[csaa-forum] reminder - Critical Disability Studies, Garland-Thomson 20/3 USYD workshop

Gerard Goggin gerard.goggin at sydney.edu.au
Thu Mar 12 13:21:01 ACST 2015


Critical Disability Studies: Implications, Prospects, Futures

A Sydney Workshop with Professor Rosemarie Garland-Thomson

10.30am-4pm, Friday 20 March, 2015

http://sydney.edu.au/arts/slam/news_events/events/?id=3450


Veterinary Science Conference Centre

Seminar Room 115, Webster Building B22

University of Sydney (Camperdown Campus; off Ross Street entrance)

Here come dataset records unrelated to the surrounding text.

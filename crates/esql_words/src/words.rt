ghost use Rattle.std.specs.Prelude.{◌≡◌, ◌≤◌, map, IfOk, IfErr, Some, None};
ghost use Rattle.std.specs.String.{string_bytes};
ghost use Rattle.esql_words.specs.declared.options.WordsError.TheVariants.{Usage};
ghost use Rattle.esql_words.specs.Command.{bytes_of, given_by};
ghost use Rattle.esql_words.specs.Values.{RowsFit};
ghost use Rattle.esql_words.specs.Words as spec;
ghost use Rattle.esql_words.specs.Words.{options_of};

use crate::command::{Texts, texts_of};
use crate::options::{Options, WordsError};
use crate::values::{format_in, page_size_in, request_in};
use esql_types::Text;
use std::alloc::{AllocError, Global};

fn owned(alloc: Global, text: Option<&str>) -> Result<Option<Text>, AllocError>
    ensures { IfOk result (λ copy. copy ≡ bytes_of text.entry) }
{
    match text {
        None => Ok(None),
        Some(text) => {
            let text = Text::from_str(alloc, text)?;
            Ok(Some(text))
        }
    }
}

fn options_in(alloc: Global, texts: &Texts<'_>) -> Result<Options, WordsError>
    ensures read { IfOk result (λ options. spec.options_in (given_by texts.now) ≡ Some options) }
    ensures refused { IfErr result (λ error. error ≡ Usage → spec.options_in (given_by texts.now) ≡ None) }
    ensures page { IfOk result (λ options. (1 ≤ options.page_size) × (options.page_size ≤ 65536)) }
    ensures rows { IfOk result (λ options. RowsFit options.request) }
{
    if texts.explain {
        return Err(WordsError::Usage);
    }
    let Some(page_size) = page_size_in(texts.page_size) else {
        return Err(WordsError::Usage);
    };
    let Some(format) = format_in(texts.format) else {
        return Err(WordsError::Usage);
    };
    let request = request_in(alloc, texts.query, texts.generate)?;
    let folder = owned(alloc, texts.folder)?;
    Ok(Options {
        folder,
        page_size,
        format,
        request,
    })
}

/// What the words of the command line ask for, without the program's name:
/// `[--data DIR] [--page-size N] [--format txt|csv|json] [--explain] (QUERY | --generate SEED,ROWS)`.
///
/// N is ASCII digits for 1 to 65,536, SEED for at most 18446744073709551615 and ROWS for 1 to 1,000,000, with any
/// number of zeros before them. `Usage` comes exactly where the words are not accepted: where `clap` finds a fault in
/// them (so at `--help`), at any other value, and at both or neither of QUERY and `--generate`. So far it also comes at
/// `--explain`. `Memory` comes where an allocation was refused.
pub fn read_words(alloc: Global, words: &[String]) -> Result<Options, WordsError>
    ensures read { IfOk result (λ options. options_of (map string_bytes words.now) ≡ Some options) }
    ensures refused { IfErr result (λ error. error ≡ Usage → options_of (map string_bytes words.now) ≡ None) }
    ensures page { IfOk result (λ options. (1 ≤ options.page_size) × (options.page_size ≤ 65536)) }
    ensures rows { IfOk result (λ options. RowsFit options.request) }
{
    match texts_of(alloc, words)? {
        Some(texts) => options_in(alloc, &texts),
        None => Err(WordsError::Usage),
    }
}
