use super::*;
use std::alloc::{AllocError, Global};
use std::test::Fail;

const USAGE: &str = "usage";

/// Words with a bar after each, and what they ask for: folder, page size, format and request.
const CASES: [(&str, &str); 24] = [
    ("ROW a = 1|", ". 1024 Txt ROW a = 1"),
    ("|", ". 1024 Txt "),
    ("help|", ". 1024 Txt help"),
    ("--|--x|", ". 1024 Txt --x"),
    (
        "--data|/d e|--page-size=65536|--format|csv|q|",
        "/d e 65536 Csv q",
    ),
    ("q|--page-size|00001|--format=json|", ". 1 Json q"),
    (
        "--generate|007,0001000000|",
        ". 1024 Txt 1000000 rows from 7",
    ),
    (
        "--generate|18446744073709551615,1|",
        ". 1024 Txt 1 rows from 18446744073709551615",
    ),
    ("", USAGE),
    ("a|b|", USAGE),
    ("q|--page-size|0|", USAGE),
    ("q|--page-size|65537|", USAGE),
    ("q|--page-size|+1|", USAGE),
    ("q|--page-size|1|--page-size|1|", USAGE),
    ("q|--format|JSON|", USAGE),
    ("q|--format|", USAGE),
    ("--generate|18446744073709551616,1|", USAGE),
    ("--generate|7,0|", USAGE),
    ("--generate|7,1000001|", USAGE),
    ("--generate|7|", USAGE),
    ("--generate|7,1,1|", USAGE),
    ("--generate|0,1|ROW a = 1|", USAGE),
    ("--explain|q|", USAGE),
    ("--help|", USAGE),
];

fn words_of(alloc: Global, text: &str) -> Result<Vec<String>, AllocError> {
    let mut words = Vec::new(alloc);
    let mut word = String::new(alloc);
    for character in text.chars() {
        if character == '|' {
            words.push(word)?;
            word = String::new(alloc);
        } else {
            word.push(character)?;
        }
    }
    Ok(words)
}

fn told(alloc: Global, options: &Options) -> Result<String, AllocError> {
    let folder = match &options.folder {
        Some(folder) => folder.as_str(),
        None => ".",
    };
    let request = match &options.request {
        Request::Query { text } => String::from_str(alloc, text.as_str())?,
        Request::Generate { seed, rows } => format!(in alloc; "{rows} rows from {seed}")?,
    };
    format!(in alloc;
        "{folder} {} {:?} {request}",
        options.page_size, options.format
    )
}

fn outcome_of(alloc: Global, words: &str) -> Result<String, AllocError> {
    let words = words_of(alloc, words)?;
    match read_words(alloc, words.as_slice()) {
        Ok(options) => told(alloc, &options),
        Err(WordsError::Usage) => String::from_str(alloc, USAGE),
        Err(WordsError::Memory(refused)) => Err(refused),
    }
}

#[test]
fn what_words_ask_for(rt: HostRuntime) -> Result<(), Fail> {
    for (words, want) in CASES {
        let told = outcome_of(rt.alloc(), words)?;
        assert_eq!(rt; told.as_str(), want);
    }
    Ok(())
}

#[test]
fn zeros_before_a_number(rt: HostRuntime) -> Result<(), Fail> {
    let mut size = String::new(rt.alloc());
    for _ in 0..10_000 {
        size.push('0')?;
    }
    let words = format!(in rt.alloc(); "q|--page-size|{size}7|")?;
    let told = outcome_of(rt.alloc(), words.as_str())?;
    assert_eq!(rt; told.as_str(), ". 7 Txt q");
    Ok(())
}
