//! Counts of zones that hold resources, zones that give way, and zones that runs hold.

ghost use Rattle.std.specs.Prelude.{◌≡◌, ◌≤◌, ◌^◌, IfOk, length};

use std::test::Fail;
use zone_resources::*;
use zone_state::{Action, Status, Zone, ZoneState};

const LIMITS: Limits = Limits {
    open_limit: 2,
    active_limit: 3,
};

/// The zone of this state with `written` of its six blocks written.
fn zone(state: ZoneState, written: u32) -> Result<Zone, Fail>
    ensures { IfOk result (λ z. z.state ≡ state) }
{
    Ok(Zone::new(state, written, 6).ok_or("a zone")?)
}

/// What admission gives where one of these zones wants resources.
fn admitted(zones: &[Zone], holds: &Holds, wanted: Wanted) -> Result<Option<u32>, Status>
    requires { length zones.now ≤ 2 ^ 32 }
{
    admit(zones, &Counts::of(zones), &LIMITS, holds, wanted)
}

#[test]
fn an_implicitly_opened_zone_gives_way(rt: HostRuntime) -> Result<(), Fail> {
    let implicit = zone(ZoneState::ImplicitlyOpened, 1)?;
    let explicit = zone(ZoneState::ExplicitlyOpened, 1)?;
    let closed = zone(ZoneState::Closed, 1)?;
    let empty = zone(ZoneState::Empty, 0)?;
    let active_full = Err(Status::TOO_MANY_ACTIVE_ZONES);
    let open_full = Err(Status::TOO_MANY_OPEN_ZONES);

    let holds = Holds::none();
    for (zones, told) in [
        ([implicit, implicit, empty, empty], Ok(Some(0))),
        ([closed, implicit, implicit, empty], active_full),
        ([explicit, explicit, empty, empty], open_full),
        ([explicit, explicit, closed, empty], active_full),
    ] {
        assert_eq!(rt; admitted(&zones, &holds, Wanted::OpenAndActive), told);
    }
    assert_eq!(rt; Wanted::of(empty.state()), Some(Wanted::OpenAndActive));
    Ok(())
}
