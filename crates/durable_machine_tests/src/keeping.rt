//! A number that is kept in a file: its events are noted, done and committed.

ghost use Rattle.std.specs.Prelude.{OnOk};
ghost use Rattle.durable_machine_tests.specs.Kept.{IsKept};

use crate::Number;
use durable_machine::{Durable, Machine, Store};
use std::alloc::{AllocError, Global};
use stored_file::{FileError, TearingFile};

/// Does events, and commits them together.
pub fn serve(
    alloc: Global,
    store: &mut Durable<Number, TearingFile>,
    events: &[Vec<u8>],
) -> Result<(), FileError>
    requires { IsKept store.old }
    ensures { OnOk result (IsKept store.new) }
{
    for event in events {
        apply(alloc, store, event)?;
    }
    commit(alloc, store)
}

/// Does an event. It is noted first; the note is taken back where the event changed nothing.
pub fn apply(
    alloc: Global,
    store: &mut Durable<Number, TearingFile>,
    event: &[u8],
) -> Result<(), AllocError>
    requires { IsKept store.old }
    ensures { OnOk result (IsKept store.new) }
{
    let before = Store::<Number>::note(&mut store.events, event, &[], &[])?;
    let done = store.machine.apply(alloc, event)?;
    if !done.changes {
        Store::<Number>::take_back(&mut store.events, before);
    }
    Ok(())
}

/// Commits what was done.
pub fn commit(alloc: Global, store: &mut Durable<Number, TearingFile>) -> Result<(), FileError>
    requires { IsKept store.old }
    ensures { OnOk result (IsKept store.new) }
{
    Store::<Number>::commit(&mut store.events, alloc)?;
    Ok(())
}
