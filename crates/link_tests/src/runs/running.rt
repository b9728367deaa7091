//! Block runs with every check.

use instruction_set::Program;
use interp::Machine;
use program_interface::{CONTEXT_BYTES, SCRATCH_BYTES, STACK_BYTES};
use program_meaning::End;
use std::alloc::{AllocError, Global};

/// The most bytes that a block run may emit.
const LIMIT: usize = 65535;

/// The most steps that it may take.
const FUEL: u64 = 1_000_000;

/// What a block run leaves.
#[derive(Debug, PartialEq, Drop)]
pub(crate) struct Left {
    pub end: End,
    pub group: Vec<u8>,
    pub scratch: [u8; SCRATCH_BYTES],
}

/// Room for what is emitted.
pub(crate) fn group_room(alloc: Global) -> Result<Vec<u8>, AllocError> {
    let mut room = Vec::new(alloc);
    room.resize(LIMIT, 0)?;
    Ok(room)
}

/// Runs a program on a block; nothing, where it has no instruction.
pub(crate) fn run(
    alloc: Global,
    program: &Program,
    block: &[u8],
    context: &[u8; CONTEXT_BYTES],
    before: &[u8; SCRATCH_BYTES],
    room: &mut [u8],
) -> Result<Option<Left>, AllocError> {
    if room.len() < LIMIT || block.len() > 0xffff_ffff {
        return Ok(None);
    }
    let mut scratch = *before;
    let mut stack = [0; STACK_BYTES];
    let mut machine = Machine::new(block, context, &mut scratch, &mut stack);
    if program.at(machine.slot()).is_none() {
        return Ok(None);
    }
    let end = machine.run_checked(program, LIMIT, FUEL, room);
    let length = machine.group_length();
    let mut group = Vec::new(alloc);
    group.extend_from_slice(&room[..length])?;
    Ok(Some(Left {
        end,
        group,
        scratch,
    }))
}
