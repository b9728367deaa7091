//! Blocks that look random.

use super::numbers::Numbers;
use instruction_set::{Instruction, Source};
use std::alloc::{AllocError, Global};

/// How many kinds of blocks there are.
pub(crate) const KINDS: usize = 8;

/// Of each kind the bytes of a number, and the least number that it doesn't have: zeros, any bytes, and small numbers of several widths.
const WIDTHS: [(usize, u64); KINDS] = [
    (8, 1),
    (1, 256),
    (1, 24),
    (4, 64),
    (2, 512),
    (8, 4096),
    (4, 0x1_0000_0000),
    (1, 8),
];

/// Puts a number of so many bytes at a place, as far as there is room: its lowest byte first, or last.
fn put(block: &mut [u8], at: usize, width: usize, number: u64, is_big: bool) {
    let mut rest = number;
    for place in 0..width {
        let index = if is_big { width - 1 - place } else { place };
        if let Some(byte) = block.get_mut(at.saturating_add(index)) {
            *byte = (rest % 256) as u8;
        }
        rest /= 256;
    }
}

/// Fills a block with numbers of a kind.
fn fill(block: &mut [u8], numbers: &mut Numbers, kind: usize) {
    let (width, end) = WIDTHS[kind % KINDS];
    let mut at: usize = 0;
    for _ in 0..block.len() {
        if at >= block.len() {
            break;
        }
        let number = numbers.draw() % end.max(1);
        put(block, at, width, number, false);
        at = at.saturating_add(width);
    }
}

/// Puts words at places, or what is one more or less.
fn scatter(block: &mut [u8], numbers: &mut Numbers, words: &[u64]) {
    let length = block.len() as u64;
    if length == 0 || words.is_empty() {
        return;
    }
    for _ in 0..numbers.draw() % (length / 4 + 1) {
        let index = (numbers.draw() % words.len() as u64) as usize;
        let width = 1usize << (numbers.draw() % 4);
        let place = (numbers.draw() % length) as usize / width * width;
        let (more, less) = (numbers.draw() % 5 / 4, numbers.draw() % 5 / 4);
        let word = words[index].wrapping_add(more).wrapping_sub(less);
        put(block, place, width, word, numbers.draw() % 3 == 0);
    }
}

/// The number that an instruction compares with, or loads.
fn told(instruction: &Instruction) -> Option<u64> {
    match *instruction {
        Instruction::Branch {
            source: Source::Immediate(number),
            ..
        } => Some(Instruction::immediate_word(number)),
        Instruction::LoadImmediate { value, .. } => Some(value),
        _ => None,
    }
}

/// The numbers that a program compares with, or loads.
pub(crate) fn words_of(
    alloc: Global,
    slots: &[Option<Instruction>],
) -> Result<Vec<u64>, AllocError> {
    let mut words = Vec::new(alloc);
    for slot in slots {
        if let Some(instruction) = slot {
            if let Some(word) = told(instruction) {
                words.extend_from_slice(&[word])?;
            }
        }
    }
    Ok(words)
}

/// Makes a block of a kind, with some of the words in it.
pub(crate) fn make_block(block: &mut [u8], numbers: &mut Numbers, kind: usize, words: &[u64]) {
    fill(block, numbers, kind);
    if kind >= 2 {
        scatter(block, numbers, words);
    }
}
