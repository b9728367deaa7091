//! A machine of one number.

ghost use Rattle.std.specs.Prelude.{◌≡◌, ◌≤◌, ℕ, List, [], ◌∷◌, length, take, IfOk};
ghost use Rattle.durable_machine_tests.specs.Number.{IsBaseOf, number_after, one_number};

use durable_machine::{Applied, Machine};
use std::alloc::{AllocError, Global};

/// The number to which events of one byte lead: each takes it times 31, plus the byte.
#[derive(Clone, Copy, Debug, PartialEq, Eq)]
pub struct Number {
    pub value: u8,
}

impl Number {
    /// The number after an event.
    pub fn after(self, event: &[u8]) -> Self
        ensures { result ≡ number_after self event.now }
    {
        match event {
            [byte] => Number {
                value: self.value.wrapping_mul(31).wrapping_add(*byte),
            },
            _ => self,
        }
    }
}

impl Machine for Number {
    ghost loads = { IsBaseOf };

    ghost next = { λ number _ event. number_after number event };

    ghost one_base = { one_number };

    fn load(_alloc: Global, file: &[u8]) -> Result<Option<(Self, usize)>, AllocError> {
        match file.split_first() {
            Some((value, _)) => Ok(Some((Number { value: *value }, 1))),
            None => Ok(None),
        }
    }

    fn apply(&mut self, _alloc: Global, event: &[u8]) -> Result<Applied, AllocError> {
        let before = *self;
        *self = before.after(event);
        Ok(Applied {
            changes: event.len() == 1,
            starved: false,
        })
    }
}
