//! Numbers that look random.

/// Numbers of a linear congruence modulo 2^64.
#[derive(Drop)]
pub struct Numbers(u64);

impl Numbers {
    /// The numbers behind this one.
    pub fn behind(seed: u64) -> Numbers {
        Numbers(seed)
    }

    /// The next number, of 32 bits: the upper half of the congruence.
    pub fn draw(&mut self) -> u64 {
        let next = self.0.wrapping_mul(0x5851_f42d_4c95_7f2d);
        self.0 = next.wrapping_add(0x1405_7b7e_f767_814f);
        self.0 >> 32
    }
}
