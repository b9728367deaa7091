//! Sessions that are cut off at each moment.

ghost use Rattle.std.specs.Prelude.{IfOk};
ghost use Rattle.durable_machine_tests.specs.Kept.{IsKept};
ghost use Rattle.durable_machine_tests.specs.Number.{IsBaseOf};

use crate::Number;
use crate::keeping::{apply, commit, serve};
use durable_machine::{Durable, Fault, InMemory, Store, put_base};
use std::alloc::{AllocError, Global};
use std::test::Fail;
use stored_file::{FileError, SECTOR, StoredFile, TearingFile};

/// The choices of a disk that are tried at each moment.
const SEEDS: u64 = 3;

/// A batch of a session: some events of a byte, and before them one of two bytes, which changes nothing.
fn batch(alloc: Global, index: u8) -> Result<Vec<Vec<u8>>, AllocError> {
    let mut events = Vec::new(alloc);
    events.push(vec![in alloc; index, index]?)?;
    for byte in 0..index % 4 {
        events.push(vec![in alloc; byte.wrapping_mul(7).wrapping_add(index)]?)?;
    }
    Ok(events)
}

/// The number after a batch.
fn after(number: Number, events: &[Vec<u8>]) -> Number {
    let mut number = number;
    for event in events {
        number = number.after(event);
    }
    number
}

/// The store that a file of these bytes, all of them on the disk, opens as.
fn opened(alloc: Global, bytes: &[u8]) -> Result<Durable<Number, TearingFile>, Fault>
    ensures { IfOk result IsKept }
{
    match Durable::open_read(alloc, TearingFile::new(alloc, bytes)?, bytes) {
        Ok(store) => Ok(store),
        Err((fault, _file)) => Err(fault),
    }
}

/// The base of a number.
fn base_of(alloc: Global, number: Number) -> Result<Vec<u8>, AllocError>
    ensures { IfOk result (λ base. IsBaseOf base.items number) }
{
    Ok(vec![in alloc; number.value]?)
}

/// A new store of the number 0, in the place of a file of no bytes.
fn created(alloc: Global) -> Result<Durable<Number, TearingFile>, FileError>
    ensures { IfOk result IsKept }
{
    let number = Number { value: 0 };
    let base = base_of(alloc, number)?;
    match Durable::create(alloc, number, base, TearingFile::new(alloc, &[])?) {
        Ok(store) => Ok(store),
        Err((error, _file)) => Err(error),
    }
}

/// Whether a file that a crash left stands for one of two numbers. Opening it is cut off at each of its moments, too.
fn comes_back(
    alloc: Global,
    left: &[u8],
    seed: u64,
    either: (Number, Number),
) -> Result<bool, Fault> {
    let store = opened(alloc, left)?;
    let number = store.machine;
    if number != either.0 && number != either.1 {
        return Ok(false);
    }
    let file = &store.events.journal.file;
    for moment in 0..=file.moment() {
        let left = file.crashed(alloc, moment, seed)?;
        if opened(alloc, &left)?.machine != number {
            return Ok(false);
        }
    }
    Ok(true)
}

/// Whether each crash at a moment from one to another, and at the last of them, leaves one of two numbers.
fn each_comes_back(
    alloc: Global,
    file: &TearingFile,
    from: usize,
    either: (Number, Number),
) -> Result<bool, Fault> {
    for moment in from..=file.moment() {
        let last = moment == file.moment();
        let allowed = if last { (either.1, either.1) } else { either };
        for seed in 0..SEEDS {
            let left = file.crashed(alloc, moment, seed)?;
            if !comes_back(alloc, &left, seed, allowed)? {
                return Ok(false);
            }
        }
    }
    Ok(true)
}

#[test]
fn each_batch_is_cut_off_at_each_moment(rt: HostRuntime) -> Result<(), Fail> {
    let alloc = rt.alloc();
    let first = created(alloc)?;
    let mut bytes = first.events.journal.file.bytes().to_vec(alloc)?;
    for index in 0..6 {
        let mut store = opened(alloc, &bytes)?;
        let events = batch(alloc, index)?;
        let from = store.events.journal.file.moment();
        let before = store.machine;
        serve(alloc, &mut store, &events)?;
        assert!(rt; store.machine == after(before, &events));
        assert!(rt;
            each_comes_back(
                alloc,
                &store.events.journal.file,
                from,
                (before, store.machine)
            )?
        );
        bytes = store.events.journal.file.bytes().to_vec(alloc)?;
    }
    Ok(())
}

#[test]
fn what_was_done_waits_for_the_commit(rt: HostRuntime) -> Result<(), Fail> {
    let alloc = rt.alloc();
    let mut store = created(alloc)?;
    let from = store.events.journal.file.moment();
    let before = store.machine;
    apply(alloc, &mut store, &[5])?;
    apply(alloc, &mut store, &[1, 2])?;
    apply(alloc, &mut store, &[9])?;
    let after = store.machine;
    assert!(rt; after == before.after(&[5]).after(&[9]));
    assert!(rt; !Store::<Number>::is_committed(&store.events));
    assert_eq!(rt; store.events.journal.file.moment(), from);
    assert!(rt; each_comes_back(alloc, &store.events.journal.file, from, (before, before))?);
    commit(alloc, &mut store)?;
    assert!(rt; Store::<Number>::is_committed(&store.events));
    assert!(rt; store.machine == after);
    assert!(rt; each_comes_back(alloc, &store.events.journal.file, from, (before, after))?);
    let committed = store.events.journal.file.moment();
    apply(alloc, &mut store, &[1, 2])?;
    commit(alloc, &mut store)?;
    assert_eq!(rt; store.events.journal.file.moment(), committed);
    Ok(())
}

#[test]
fn what_is_in_memory_waits_for_nothing(rt: HostRuntime) -> Result<(), Fail> {
    let mut events = InMemory;
    Store::<Number>::note(&mut events, &[5], &[], &[])?;
    assert!(rt; Store::<Number>::is_committed(&events));
    Store::<Number>::commit(&mut events, rt.alloc())?;
    Ok(())
}

#[test]
fn a_fold_is_cut_off_at_each_moment(rt: HostRuntime) -> Result<(), Fail> {
    let alloc = rt.alloc();
    let mut store = created(alloc)?;
    serve(alloc, &mut store, &batch(alloc, 3)?)?;
    let from = store.events.journal.file.moment();
    let number = store.machine;
    let base = base_of(alloc, number)?;
    put_base::<Number, TearingFile>(base, &mut store.events.journal.file)?;
    assert_eq!(rt; store.events.journal.file.bytes().len(), 2 * SECTOR);
    assert!(rt; each_comes_back(alloc, &store.events.journal.file, from, (number, number))?);
    Ok(())
}

#[test]
fn what_no_sync_followed_is_torn(rt: HostRuntime) -> Result<(), Fail> {
    let alloc = rt.alloc();
    let old = vec![in alloc; 7; SECTOR]?;
    let new = vec![in alloc; 9; SECTOR]?;
    let mut file = TearingFile::new(alloc, &old)?;
    file.write_at(0, &new)?;
    let mut kept = false;
    let mut whole = false;
    let mut torn = false;
    for seed in 0..64 {
        let left = file.crashed(alloc, file.moment(), seed)?;
        let is_old = left == old;
        let is_new = left == new;
        kept |= is_old;
        whole |= is_new;
        torn |= !is_old && !is_new;
    }
    assert!(rt; kept && whole && torn);
    file.sync()?;
    for seed in 0..64 {
        let left = file.crashed(alloc, file.moment(), seed)?;
        assert!(rt; left == new);
    }
    Ok(())
}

Map ref: http://lostoncampus.com.au/286/map



Limited places available, RSVP essential: https://eventbrite.com.au/event/16027681226/



Supported by Dept of Media and Communication, & Centre for Disability Research and Policy, & Charles Perkins Centre Health Humanities Node, University of Sydney

& Critical Disability Studies Thematic Group, The Australian Sociology Association, in conjunction with Curtin University



About the Critical Disability Studies workshop:



The workshop will feature the following presentation by Professor Garland-Thomson:



"Critical Disability Studies"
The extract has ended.